_To do_. Once the line containing "Ok(Some((CowSlice::Owned(blob.into_inner()), end)))" is located, output it and every line after it through the end of the records, exactly as written and nothing else.

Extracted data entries
----

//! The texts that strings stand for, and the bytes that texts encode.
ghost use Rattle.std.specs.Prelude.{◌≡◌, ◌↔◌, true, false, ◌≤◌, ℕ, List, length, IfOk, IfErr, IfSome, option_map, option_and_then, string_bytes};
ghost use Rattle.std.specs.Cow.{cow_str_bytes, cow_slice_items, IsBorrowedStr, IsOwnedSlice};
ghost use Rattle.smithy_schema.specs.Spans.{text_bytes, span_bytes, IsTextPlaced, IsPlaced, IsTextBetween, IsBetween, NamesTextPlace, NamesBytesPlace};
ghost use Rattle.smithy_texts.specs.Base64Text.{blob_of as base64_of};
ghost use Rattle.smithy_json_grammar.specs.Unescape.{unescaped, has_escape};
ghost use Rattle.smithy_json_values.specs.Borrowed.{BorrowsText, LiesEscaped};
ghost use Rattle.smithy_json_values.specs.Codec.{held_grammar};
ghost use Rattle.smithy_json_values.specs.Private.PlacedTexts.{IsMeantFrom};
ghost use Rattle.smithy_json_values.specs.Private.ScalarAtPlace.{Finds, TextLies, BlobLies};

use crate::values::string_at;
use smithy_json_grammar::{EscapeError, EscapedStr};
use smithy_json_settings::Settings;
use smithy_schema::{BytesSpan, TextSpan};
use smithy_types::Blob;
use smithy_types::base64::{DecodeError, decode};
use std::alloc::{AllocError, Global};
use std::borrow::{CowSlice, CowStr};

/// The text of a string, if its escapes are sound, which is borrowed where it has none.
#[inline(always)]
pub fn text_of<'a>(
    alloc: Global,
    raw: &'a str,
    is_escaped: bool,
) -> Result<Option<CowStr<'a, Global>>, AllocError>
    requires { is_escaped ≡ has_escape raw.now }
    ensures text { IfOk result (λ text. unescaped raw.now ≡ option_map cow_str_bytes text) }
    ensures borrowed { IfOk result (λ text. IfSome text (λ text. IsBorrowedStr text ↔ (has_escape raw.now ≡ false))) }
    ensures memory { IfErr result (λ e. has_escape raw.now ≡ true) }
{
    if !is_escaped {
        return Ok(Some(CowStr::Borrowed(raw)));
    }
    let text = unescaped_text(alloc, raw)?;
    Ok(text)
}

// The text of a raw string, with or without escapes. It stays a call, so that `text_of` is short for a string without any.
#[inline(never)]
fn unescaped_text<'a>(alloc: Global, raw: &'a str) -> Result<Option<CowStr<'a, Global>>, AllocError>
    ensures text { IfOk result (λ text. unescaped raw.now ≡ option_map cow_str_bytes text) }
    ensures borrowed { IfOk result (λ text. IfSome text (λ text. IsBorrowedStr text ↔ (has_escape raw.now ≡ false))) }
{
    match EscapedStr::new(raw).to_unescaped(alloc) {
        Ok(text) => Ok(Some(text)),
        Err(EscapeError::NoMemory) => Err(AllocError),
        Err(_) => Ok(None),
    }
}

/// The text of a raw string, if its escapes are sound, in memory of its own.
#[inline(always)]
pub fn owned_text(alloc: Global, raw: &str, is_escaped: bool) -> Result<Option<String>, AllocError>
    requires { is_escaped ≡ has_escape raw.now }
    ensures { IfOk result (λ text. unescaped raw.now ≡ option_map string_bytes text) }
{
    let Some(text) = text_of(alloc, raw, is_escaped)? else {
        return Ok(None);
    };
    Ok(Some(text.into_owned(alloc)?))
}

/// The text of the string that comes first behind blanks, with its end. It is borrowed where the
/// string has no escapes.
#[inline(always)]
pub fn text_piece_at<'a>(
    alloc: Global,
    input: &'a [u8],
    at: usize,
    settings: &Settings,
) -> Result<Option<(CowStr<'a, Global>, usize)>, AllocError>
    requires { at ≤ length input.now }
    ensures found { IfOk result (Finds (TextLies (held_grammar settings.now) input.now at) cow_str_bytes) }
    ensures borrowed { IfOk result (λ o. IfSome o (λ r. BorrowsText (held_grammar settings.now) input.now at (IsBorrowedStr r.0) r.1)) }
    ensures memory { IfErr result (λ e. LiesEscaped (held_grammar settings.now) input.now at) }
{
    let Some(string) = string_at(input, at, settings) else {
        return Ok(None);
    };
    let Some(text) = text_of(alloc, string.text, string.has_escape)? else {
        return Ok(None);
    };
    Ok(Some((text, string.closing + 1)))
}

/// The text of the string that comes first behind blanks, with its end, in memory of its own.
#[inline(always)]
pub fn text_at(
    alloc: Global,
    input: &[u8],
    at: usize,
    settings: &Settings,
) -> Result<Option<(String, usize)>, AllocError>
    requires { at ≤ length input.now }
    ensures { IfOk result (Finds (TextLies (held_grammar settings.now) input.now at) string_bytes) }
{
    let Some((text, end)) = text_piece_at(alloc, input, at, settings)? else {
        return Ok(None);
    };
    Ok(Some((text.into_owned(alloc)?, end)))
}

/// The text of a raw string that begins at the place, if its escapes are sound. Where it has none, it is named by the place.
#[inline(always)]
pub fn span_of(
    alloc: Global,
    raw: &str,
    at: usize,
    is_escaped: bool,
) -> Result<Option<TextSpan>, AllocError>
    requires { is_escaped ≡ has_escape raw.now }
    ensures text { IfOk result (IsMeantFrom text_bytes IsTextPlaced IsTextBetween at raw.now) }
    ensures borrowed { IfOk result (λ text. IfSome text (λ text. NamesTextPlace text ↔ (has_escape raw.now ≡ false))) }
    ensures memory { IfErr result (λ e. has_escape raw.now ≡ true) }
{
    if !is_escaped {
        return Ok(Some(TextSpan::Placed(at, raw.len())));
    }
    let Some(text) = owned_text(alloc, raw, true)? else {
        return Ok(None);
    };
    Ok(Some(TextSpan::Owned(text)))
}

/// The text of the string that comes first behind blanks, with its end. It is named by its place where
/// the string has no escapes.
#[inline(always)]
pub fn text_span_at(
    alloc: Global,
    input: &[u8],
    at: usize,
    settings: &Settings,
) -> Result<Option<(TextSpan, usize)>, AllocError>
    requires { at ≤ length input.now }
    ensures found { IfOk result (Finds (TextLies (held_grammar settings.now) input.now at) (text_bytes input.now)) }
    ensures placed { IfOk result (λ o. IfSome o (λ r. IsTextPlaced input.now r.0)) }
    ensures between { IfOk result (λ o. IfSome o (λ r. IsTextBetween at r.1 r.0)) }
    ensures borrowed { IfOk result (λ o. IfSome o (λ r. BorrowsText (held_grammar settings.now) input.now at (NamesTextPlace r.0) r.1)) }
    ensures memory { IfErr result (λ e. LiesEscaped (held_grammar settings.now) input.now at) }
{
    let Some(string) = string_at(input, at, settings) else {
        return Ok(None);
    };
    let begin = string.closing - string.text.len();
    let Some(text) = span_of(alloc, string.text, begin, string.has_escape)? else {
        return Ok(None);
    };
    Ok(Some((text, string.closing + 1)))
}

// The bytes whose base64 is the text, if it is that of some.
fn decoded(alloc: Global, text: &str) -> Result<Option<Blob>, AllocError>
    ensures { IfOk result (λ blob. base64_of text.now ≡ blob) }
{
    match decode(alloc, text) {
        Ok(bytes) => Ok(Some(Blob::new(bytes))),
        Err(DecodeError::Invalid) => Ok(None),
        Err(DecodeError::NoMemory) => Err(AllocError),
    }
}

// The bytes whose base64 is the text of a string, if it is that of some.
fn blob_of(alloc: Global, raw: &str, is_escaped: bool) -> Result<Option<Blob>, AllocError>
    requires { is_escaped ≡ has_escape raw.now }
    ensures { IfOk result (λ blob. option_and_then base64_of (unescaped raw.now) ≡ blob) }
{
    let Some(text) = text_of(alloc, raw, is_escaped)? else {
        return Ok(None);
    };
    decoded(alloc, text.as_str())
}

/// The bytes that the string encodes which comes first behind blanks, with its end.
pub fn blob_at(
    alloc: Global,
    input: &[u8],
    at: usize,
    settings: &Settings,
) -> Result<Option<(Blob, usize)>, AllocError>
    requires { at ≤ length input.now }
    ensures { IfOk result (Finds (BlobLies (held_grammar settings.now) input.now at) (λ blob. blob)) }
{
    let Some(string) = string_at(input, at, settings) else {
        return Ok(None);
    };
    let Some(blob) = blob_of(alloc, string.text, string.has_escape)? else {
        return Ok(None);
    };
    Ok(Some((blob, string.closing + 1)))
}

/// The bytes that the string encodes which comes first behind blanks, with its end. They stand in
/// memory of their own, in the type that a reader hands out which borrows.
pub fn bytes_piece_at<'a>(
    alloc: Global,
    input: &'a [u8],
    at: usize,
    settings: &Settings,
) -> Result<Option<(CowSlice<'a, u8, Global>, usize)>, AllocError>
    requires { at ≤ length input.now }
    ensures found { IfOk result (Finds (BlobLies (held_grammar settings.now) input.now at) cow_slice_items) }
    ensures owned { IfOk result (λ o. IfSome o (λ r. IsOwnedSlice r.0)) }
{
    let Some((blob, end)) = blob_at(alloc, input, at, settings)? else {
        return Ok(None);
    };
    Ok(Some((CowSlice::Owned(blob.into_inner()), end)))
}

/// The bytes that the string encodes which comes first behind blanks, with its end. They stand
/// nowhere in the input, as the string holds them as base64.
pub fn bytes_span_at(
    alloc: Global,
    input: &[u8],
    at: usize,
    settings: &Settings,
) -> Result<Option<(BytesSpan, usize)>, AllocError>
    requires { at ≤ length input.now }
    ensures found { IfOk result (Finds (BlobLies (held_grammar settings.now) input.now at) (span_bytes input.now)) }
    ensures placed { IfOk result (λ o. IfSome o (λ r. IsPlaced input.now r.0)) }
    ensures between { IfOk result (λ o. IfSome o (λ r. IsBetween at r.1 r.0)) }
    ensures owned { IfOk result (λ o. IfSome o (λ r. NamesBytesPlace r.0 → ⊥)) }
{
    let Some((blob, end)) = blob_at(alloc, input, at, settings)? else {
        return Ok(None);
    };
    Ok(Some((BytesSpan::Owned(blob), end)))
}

----

_Task result_.
    Ok(Some((CowSlice::Owned(blob.into_inner()), end)))
}

/// The bytes that the string encodes which comes first behind blanks, with its end. They stand
/// nowhere in the input, as the string holds them as base64.
pub fn bytes_span_at(
    alloc: Global,
    input: &[u8],
    at: usize,
    settings: &Settings,
) -> Result<Option<(BytesSpan, usize)>, AllocError>
    requires { at ≤ length input.now }
    ensures found { IfOk result (Finds (BlobLies (held_grammar settings.now) input.now at) (span_bytes input.now)) }
    ensures placed { IfOk result (λ o. IfSome o (λ r. IsPlaced input.now r.0)) }
    ensures between { IfOk result (λ o. IfSome o (λ r. IsBetween at r.1 r.0)) }
    ensures owned { IfOk result (λ o. IfSome o (λ r. NamesBytesPlace r.0 → ⊥)) }
{
    let Some((blob, end)) = blob_at(alloc, input, at, settings)? else {
        return Ok(None);
    };
    Ok(Some((BytesSpan::Owned(blob), end)))
}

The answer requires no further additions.